:: Instructions to follow ::
Among the entries below, please repeat exactly and only the lines from the line containing "an output line." to the line containing "how it looks.", both lines included.

(Stored data entries)
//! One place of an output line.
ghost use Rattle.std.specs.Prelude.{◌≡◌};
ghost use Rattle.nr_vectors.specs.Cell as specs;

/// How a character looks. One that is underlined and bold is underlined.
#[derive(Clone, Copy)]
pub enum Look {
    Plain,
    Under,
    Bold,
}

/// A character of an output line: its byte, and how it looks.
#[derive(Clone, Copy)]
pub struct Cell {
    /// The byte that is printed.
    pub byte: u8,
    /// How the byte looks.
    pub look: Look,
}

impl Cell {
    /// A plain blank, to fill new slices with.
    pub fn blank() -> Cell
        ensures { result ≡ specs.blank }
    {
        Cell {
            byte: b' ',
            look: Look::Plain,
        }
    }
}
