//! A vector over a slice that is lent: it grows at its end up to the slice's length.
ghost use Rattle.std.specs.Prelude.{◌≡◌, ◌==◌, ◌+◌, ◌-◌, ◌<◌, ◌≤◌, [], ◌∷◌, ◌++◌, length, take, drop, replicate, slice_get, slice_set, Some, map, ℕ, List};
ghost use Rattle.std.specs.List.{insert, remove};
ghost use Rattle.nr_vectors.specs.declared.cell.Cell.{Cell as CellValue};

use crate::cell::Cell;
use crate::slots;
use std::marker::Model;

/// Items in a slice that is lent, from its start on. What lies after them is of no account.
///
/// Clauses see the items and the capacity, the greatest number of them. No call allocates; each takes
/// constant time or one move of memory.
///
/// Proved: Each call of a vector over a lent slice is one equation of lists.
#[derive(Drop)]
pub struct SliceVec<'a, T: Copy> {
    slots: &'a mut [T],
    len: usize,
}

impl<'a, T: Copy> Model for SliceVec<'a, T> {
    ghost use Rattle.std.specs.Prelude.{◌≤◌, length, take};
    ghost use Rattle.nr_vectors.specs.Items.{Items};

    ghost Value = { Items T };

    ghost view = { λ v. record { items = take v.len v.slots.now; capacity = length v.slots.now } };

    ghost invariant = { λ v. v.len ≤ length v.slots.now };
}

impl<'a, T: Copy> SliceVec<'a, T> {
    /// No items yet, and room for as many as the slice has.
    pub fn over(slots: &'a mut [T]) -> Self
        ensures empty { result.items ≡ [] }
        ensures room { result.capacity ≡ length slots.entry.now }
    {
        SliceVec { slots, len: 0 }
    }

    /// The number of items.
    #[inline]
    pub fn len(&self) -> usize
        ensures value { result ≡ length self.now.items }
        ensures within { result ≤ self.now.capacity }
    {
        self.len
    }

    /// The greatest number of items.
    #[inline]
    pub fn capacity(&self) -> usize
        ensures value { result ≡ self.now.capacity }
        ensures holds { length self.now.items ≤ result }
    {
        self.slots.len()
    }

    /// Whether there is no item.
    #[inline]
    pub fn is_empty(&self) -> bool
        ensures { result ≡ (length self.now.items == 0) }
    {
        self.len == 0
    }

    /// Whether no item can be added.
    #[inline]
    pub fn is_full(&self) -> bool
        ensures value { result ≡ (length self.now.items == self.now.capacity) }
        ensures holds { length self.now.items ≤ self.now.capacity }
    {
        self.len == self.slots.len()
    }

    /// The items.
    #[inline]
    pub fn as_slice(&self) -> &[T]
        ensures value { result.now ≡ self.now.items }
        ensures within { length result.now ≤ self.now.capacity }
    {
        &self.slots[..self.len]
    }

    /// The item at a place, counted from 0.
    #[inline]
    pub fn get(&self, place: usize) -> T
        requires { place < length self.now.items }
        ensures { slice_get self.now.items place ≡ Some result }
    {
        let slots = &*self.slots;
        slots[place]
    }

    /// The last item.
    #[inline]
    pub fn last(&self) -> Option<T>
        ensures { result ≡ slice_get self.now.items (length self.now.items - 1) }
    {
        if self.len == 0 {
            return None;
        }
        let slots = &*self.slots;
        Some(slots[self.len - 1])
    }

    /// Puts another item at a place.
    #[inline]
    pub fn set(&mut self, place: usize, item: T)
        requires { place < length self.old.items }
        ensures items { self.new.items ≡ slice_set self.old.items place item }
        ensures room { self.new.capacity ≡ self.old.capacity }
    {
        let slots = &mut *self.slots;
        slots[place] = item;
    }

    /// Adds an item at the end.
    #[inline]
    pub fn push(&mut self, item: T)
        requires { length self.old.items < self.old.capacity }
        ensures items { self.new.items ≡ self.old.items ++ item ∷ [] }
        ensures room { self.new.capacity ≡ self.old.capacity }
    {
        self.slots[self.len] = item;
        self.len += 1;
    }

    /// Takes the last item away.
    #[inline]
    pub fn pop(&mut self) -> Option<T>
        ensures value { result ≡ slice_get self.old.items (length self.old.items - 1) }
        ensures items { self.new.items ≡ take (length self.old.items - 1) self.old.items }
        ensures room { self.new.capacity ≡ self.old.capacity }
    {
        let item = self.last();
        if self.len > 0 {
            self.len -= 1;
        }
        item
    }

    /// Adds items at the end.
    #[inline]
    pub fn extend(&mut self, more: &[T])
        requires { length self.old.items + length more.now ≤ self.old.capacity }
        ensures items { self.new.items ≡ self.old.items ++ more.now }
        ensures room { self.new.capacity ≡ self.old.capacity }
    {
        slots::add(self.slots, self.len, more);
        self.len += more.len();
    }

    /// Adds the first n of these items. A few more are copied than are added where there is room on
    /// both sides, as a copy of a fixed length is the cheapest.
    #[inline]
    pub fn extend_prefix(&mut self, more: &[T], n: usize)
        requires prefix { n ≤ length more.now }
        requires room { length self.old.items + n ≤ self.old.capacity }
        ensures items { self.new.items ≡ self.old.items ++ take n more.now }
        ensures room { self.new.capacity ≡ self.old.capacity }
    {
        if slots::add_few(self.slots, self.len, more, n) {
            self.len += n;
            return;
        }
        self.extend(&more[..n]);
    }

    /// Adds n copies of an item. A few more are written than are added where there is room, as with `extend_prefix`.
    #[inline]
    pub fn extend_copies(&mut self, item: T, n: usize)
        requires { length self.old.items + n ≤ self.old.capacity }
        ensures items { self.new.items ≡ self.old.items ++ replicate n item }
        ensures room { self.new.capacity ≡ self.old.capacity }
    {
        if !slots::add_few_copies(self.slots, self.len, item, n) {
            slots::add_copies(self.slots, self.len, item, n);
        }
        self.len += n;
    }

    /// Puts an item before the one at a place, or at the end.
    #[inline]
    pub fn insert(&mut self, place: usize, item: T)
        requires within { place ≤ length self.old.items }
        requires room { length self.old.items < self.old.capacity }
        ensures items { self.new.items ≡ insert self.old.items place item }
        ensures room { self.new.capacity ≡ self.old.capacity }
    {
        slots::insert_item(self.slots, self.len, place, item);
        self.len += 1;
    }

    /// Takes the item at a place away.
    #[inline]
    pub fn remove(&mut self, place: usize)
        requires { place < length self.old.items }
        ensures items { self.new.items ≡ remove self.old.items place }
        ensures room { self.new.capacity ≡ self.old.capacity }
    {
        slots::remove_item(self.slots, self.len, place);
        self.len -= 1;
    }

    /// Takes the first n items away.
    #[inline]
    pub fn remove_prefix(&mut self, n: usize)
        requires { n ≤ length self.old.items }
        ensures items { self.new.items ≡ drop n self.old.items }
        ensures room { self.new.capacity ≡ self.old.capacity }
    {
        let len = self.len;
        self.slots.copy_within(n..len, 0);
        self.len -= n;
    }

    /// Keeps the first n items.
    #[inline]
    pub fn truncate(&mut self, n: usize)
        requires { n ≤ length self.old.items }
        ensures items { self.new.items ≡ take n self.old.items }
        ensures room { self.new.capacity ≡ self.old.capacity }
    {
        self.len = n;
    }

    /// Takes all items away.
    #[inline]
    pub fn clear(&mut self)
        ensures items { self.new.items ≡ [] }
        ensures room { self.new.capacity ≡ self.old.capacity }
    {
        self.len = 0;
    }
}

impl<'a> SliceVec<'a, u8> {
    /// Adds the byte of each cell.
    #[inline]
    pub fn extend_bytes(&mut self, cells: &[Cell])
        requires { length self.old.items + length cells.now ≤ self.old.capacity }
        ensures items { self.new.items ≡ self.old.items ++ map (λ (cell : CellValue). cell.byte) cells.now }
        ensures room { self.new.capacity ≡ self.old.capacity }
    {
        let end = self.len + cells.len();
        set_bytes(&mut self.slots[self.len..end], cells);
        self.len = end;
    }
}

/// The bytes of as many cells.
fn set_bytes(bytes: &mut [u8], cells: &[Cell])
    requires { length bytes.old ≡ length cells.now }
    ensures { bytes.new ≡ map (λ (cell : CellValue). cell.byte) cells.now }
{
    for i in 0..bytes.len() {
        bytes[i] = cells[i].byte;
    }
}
---
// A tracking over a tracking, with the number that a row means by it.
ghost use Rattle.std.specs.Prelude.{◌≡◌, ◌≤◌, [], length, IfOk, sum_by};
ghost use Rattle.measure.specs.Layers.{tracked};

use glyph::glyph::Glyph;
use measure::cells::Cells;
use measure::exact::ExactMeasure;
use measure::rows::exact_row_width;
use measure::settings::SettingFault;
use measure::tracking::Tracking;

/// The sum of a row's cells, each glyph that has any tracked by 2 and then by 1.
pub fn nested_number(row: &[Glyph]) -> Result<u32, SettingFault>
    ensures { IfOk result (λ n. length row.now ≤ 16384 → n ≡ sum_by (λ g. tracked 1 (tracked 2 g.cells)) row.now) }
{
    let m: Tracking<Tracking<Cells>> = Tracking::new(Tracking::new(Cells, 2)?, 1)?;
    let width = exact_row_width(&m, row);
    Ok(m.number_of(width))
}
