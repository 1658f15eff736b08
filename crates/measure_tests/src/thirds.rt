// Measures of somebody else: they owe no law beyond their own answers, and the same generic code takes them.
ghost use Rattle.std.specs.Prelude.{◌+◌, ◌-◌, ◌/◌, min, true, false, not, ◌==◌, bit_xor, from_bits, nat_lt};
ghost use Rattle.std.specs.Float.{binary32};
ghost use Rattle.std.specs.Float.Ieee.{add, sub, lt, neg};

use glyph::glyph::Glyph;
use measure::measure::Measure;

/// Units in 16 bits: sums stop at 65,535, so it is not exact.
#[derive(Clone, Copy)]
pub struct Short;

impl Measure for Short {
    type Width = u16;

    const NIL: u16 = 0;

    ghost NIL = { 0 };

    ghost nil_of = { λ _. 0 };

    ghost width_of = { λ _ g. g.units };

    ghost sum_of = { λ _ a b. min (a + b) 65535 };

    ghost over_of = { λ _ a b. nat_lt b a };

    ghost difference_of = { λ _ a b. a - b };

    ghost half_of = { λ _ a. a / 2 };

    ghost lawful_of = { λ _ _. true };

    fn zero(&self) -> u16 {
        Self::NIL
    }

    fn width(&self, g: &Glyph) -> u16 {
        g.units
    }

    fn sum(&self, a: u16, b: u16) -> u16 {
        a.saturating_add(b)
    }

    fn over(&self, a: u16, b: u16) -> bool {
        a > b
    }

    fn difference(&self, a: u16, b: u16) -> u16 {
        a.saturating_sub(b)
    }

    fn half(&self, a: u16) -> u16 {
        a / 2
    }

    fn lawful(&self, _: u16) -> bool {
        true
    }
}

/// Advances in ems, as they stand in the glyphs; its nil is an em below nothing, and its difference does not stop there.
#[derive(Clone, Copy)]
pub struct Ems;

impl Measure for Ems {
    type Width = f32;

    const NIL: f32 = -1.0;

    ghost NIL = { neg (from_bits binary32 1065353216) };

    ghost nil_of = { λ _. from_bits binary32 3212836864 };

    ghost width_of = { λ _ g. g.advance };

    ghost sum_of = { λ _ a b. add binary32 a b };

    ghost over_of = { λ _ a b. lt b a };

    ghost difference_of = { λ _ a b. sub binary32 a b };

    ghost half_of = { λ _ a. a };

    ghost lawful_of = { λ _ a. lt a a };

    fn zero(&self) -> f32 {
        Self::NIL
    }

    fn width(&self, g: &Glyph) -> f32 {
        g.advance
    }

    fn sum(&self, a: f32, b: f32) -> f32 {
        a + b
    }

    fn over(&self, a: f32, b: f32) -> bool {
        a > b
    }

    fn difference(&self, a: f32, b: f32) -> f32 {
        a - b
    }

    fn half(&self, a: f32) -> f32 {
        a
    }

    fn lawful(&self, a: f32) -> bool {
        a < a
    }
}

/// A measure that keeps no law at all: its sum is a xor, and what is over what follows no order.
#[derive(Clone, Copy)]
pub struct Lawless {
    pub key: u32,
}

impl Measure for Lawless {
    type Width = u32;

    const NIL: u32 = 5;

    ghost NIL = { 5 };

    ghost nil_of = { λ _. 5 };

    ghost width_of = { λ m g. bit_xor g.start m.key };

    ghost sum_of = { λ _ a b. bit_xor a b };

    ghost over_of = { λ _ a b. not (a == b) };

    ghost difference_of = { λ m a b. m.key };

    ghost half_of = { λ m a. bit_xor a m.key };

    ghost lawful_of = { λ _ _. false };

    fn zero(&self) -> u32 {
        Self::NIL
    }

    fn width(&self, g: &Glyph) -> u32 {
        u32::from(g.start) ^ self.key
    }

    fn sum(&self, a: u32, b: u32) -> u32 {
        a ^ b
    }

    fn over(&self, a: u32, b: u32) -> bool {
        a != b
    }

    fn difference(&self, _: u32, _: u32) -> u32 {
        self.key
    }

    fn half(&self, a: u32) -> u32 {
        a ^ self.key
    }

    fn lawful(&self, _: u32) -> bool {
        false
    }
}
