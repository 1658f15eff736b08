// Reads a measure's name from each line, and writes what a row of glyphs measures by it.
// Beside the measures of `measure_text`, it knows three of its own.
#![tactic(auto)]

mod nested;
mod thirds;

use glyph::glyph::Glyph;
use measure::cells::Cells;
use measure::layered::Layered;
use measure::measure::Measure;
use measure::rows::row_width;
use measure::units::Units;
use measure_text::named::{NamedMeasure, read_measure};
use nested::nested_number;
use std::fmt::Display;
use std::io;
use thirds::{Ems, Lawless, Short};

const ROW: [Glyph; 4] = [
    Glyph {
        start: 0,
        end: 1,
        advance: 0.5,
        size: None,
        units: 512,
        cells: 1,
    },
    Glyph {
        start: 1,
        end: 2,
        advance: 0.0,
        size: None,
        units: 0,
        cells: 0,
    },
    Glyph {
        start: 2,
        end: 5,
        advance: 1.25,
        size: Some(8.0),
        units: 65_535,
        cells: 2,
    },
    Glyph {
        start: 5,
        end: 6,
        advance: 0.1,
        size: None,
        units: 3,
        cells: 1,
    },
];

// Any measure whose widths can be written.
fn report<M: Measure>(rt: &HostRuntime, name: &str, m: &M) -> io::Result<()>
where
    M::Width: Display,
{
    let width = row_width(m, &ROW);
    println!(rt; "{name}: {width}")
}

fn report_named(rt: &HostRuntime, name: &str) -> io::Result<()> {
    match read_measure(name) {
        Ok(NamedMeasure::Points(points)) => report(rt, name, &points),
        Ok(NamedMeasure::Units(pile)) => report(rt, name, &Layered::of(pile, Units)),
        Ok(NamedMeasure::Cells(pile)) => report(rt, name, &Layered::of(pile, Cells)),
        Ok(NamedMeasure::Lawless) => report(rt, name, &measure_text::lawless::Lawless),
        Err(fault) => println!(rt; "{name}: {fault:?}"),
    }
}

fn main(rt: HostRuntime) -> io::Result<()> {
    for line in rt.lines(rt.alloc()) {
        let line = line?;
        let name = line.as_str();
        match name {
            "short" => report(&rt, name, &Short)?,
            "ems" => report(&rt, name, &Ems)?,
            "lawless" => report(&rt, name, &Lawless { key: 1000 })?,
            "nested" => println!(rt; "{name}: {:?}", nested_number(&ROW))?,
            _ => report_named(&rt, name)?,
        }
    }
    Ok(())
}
...
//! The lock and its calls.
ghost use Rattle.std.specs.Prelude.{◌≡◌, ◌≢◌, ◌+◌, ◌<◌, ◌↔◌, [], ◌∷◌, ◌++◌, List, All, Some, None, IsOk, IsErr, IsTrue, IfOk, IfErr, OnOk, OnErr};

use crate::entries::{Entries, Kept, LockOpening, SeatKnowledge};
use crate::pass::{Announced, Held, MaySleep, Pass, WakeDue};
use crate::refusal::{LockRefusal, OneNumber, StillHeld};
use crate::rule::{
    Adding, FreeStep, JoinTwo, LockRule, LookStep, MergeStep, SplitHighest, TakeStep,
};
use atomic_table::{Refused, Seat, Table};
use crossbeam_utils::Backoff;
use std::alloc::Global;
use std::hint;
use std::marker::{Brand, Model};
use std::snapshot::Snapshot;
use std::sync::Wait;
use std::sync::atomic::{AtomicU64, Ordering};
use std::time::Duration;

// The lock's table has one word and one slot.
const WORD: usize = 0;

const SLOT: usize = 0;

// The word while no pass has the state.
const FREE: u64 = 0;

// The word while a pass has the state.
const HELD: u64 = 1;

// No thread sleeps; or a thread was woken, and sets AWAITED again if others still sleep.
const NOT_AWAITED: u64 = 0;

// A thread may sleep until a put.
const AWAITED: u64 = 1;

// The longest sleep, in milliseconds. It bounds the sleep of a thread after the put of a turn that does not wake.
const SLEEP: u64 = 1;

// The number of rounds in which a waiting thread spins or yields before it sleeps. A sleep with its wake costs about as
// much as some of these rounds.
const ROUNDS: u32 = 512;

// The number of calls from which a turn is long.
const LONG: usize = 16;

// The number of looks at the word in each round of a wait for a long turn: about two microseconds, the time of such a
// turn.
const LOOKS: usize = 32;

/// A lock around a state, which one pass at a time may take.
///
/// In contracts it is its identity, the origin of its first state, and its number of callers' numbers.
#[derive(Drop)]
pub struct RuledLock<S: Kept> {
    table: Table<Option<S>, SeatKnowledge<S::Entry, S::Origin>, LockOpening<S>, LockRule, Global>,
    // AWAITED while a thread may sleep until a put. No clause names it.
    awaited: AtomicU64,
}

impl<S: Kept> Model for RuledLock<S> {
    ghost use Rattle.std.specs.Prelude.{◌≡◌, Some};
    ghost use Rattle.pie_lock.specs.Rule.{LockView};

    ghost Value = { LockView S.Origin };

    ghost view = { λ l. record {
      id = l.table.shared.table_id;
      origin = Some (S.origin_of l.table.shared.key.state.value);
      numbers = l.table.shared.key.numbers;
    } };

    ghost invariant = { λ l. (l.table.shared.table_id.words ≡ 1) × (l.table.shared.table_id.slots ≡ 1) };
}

:: Answer space ::
//! One place of an output line.
ghost use Rattle.std.specs.Prelude.{◌≡◌};
ghost use Rattle.nr_vectors.specs.Cell as specs;

/// How a character looks. One that is underlined and bold is underlined.
#[derive(Clone, Copy)]
pub enum Look {
    Plain,
    Under,
    Bold,
}

/// A character of an output line: its byte, and how it looks.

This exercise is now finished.